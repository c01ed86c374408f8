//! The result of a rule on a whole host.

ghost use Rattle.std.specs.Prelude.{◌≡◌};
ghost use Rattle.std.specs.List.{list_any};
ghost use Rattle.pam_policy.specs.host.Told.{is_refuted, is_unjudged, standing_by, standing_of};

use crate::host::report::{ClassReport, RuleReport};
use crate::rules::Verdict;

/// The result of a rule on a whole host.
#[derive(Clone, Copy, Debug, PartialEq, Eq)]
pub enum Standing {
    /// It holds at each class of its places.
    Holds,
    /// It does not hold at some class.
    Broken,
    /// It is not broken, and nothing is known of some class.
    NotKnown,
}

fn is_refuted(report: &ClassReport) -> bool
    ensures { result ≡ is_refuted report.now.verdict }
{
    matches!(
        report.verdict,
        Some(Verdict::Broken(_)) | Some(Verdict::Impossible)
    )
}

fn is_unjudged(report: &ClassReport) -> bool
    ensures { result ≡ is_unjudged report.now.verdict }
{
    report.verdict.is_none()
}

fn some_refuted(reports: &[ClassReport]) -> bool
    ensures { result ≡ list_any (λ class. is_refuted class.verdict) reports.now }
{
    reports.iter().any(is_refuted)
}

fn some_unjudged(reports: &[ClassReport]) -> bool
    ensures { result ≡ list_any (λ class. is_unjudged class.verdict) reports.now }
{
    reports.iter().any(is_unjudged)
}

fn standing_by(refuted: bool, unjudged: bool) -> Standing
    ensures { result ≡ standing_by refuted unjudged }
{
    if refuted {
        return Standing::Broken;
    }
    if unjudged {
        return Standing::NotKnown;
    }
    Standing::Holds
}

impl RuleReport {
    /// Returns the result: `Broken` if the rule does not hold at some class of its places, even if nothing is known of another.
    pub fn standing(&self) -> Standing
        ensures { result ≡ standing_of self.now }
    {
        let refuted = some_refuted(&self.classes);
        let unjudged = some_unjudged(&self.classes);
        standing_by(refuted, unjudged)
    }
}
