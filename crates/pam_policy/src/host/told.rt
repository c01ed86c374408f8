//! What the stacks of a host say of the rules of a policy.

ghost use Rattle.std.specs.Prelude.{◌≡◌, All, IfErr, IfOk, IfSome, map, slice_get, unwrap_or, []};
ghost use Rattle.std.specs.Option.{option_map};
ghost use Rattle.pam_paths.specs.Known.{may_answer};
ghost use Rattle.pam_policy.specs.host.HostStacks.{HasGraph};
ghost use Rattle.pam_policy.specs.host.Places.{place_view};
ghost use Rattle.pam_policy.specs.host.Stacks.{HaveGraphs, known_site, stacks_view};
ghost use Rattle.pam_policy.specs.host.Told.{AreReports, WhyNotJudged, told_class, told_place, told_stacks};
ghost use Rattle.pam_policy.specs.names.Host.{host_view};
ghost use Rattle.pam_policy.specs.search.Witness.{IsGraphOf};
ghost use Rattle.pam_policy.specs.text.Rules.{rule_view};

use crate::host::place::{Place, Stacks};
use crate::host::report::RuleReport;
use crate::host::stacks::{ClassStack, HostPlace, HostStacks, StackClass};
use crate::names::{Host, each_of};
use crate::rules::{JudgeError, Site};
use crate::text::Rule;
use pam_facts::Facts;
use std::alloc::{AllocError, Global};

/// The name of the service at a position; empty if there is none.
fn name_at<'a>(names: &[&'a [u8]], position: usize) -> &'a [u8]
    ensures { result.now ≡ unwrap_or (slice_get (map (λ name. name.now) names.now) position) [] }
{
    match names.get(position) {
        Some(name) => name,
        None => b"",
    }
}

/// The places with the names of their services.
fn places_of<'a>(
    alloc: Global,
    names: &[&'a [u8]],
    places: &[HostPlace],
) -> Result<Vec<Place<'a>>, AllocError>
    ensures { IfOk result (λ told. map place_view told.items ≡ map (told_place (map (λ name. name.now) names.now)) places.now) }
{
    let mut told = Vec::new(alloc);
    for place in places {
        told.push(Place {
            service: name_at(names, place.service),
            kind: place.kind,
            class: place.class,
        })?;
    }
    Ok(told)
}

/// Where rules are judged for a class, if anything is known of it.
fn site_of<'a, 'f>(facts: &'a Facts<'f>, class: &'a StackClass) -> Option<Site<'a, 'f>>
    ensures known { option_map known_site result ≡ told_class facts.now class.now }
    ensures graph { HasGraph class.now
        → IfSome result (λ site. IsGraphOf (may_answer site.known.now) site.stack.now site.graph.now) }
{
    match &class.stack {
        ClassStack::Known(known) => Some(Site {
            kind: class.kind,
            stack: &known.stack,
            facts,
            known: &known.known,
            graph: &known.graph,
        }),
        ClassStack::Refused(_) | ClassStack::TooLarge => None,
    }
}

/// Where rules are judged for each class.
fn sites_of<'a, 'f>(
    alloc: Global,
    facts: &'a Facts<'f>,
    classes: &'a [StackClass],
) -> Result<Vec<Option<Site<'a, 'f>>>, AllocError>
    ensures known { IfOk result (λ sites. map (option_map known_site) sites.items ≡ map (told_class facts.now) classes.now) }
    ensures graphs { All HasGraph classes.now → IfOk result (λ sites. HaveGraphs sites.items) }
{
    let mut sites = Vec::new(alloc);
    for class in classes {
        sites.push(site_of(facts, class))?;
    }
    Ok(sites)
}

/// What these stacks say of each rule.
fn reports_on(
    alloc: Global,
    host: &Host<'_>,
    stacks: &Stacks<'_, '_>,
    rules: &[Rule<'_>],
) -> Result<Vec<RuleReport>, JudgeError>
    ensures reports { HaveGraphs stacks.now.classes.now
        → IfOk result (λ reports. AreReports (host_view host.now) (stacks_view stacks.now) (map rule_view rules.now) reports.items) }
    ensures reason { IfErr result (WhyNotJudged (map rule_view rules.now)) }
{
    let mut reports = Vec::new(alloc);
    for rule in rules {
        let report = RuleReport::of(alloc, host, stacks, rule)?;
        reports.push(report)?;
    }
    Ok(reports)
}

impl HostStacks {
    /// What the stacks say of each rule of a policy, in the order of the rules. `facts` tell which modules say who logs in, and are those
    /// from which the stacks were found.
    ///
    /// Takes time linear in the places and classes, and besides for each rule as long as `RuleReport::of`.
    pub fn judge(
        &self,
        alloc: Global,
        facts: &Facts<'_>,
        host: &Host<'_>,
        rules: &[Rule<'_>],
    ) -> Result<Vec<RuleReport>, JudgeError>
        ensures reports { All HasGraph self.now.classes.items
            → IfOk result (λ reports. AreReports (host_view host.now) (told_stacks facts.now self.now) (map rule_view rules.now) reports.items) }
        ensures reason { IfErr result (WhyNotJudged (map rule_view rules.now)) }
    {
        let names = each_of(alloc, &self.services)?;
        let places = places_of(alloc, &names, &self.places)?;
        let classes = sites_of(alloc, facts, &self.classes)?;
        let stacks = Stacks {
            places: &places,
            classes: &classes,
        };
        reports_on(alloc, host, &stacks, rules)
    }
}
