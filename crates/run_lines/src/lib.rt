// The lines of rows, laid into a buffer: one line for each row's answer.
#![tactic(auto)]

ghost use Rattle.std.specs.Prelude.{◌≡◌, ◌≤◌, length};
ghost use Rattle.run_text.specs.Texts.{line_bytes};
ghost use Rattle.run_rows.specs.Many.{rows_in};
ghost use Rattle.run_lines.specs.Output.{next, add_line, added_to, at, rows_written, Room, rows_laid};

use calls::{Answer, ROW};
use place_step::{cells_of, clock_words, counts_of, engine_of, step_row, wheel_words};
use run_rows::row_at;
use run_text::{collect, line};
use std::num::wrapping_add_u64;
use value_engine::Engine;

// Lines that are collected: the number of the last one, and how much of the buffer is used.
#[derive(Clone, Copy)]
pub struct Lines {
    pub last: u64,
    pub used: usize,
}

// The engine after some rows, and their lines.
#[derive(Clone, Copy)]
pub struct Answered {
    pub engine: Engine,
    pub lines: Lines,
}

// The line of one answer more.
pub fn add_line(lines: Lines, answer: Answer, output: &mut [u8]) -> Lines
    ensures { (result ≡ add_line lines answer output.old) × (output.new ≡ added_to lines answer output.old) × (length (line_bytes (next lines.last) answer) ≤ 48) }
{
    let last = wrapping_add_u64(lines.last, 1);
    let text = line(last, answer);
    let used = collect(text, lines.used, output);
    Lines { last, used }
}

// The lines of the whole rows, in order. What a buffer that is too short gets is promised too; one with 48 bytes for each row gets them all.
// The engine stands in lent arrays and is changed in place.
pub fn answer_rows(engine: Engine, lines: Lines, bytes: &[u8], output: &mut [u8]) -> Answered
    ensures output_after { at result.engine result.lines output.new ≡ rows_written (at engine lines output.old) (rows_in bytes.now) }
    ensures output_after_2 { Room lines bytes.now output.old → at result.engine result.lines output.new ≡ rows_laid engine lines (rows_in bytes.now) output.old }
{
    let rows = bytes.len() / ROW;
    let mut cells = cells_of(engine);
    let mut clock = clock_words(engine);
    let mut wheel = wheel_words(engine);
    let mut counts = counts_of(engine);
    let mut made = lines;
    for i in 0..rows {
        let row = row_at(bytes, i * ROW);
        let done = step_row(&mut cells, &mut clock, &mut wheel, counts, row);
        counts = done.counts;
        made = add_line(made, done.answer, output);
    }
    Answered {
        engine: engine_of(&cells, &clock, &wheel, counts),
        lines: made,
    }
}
- - -
- WHAT IS EXPECTED
Search the data for "IfErr". Copy every line that has it.

- RESPONSE AREA
ghost use Rattle.std.specs.Prelude.{◌≡◌, All, IfErr, IfOk, IfSome, map, slice_get, unwrap_or, []};
    ensures reason { IfErr result (WhyNotJudged (map rule_view rules.now)) }
        ensures reason { IfErr result (WhyNotJudged (map rule_view rules.now)) }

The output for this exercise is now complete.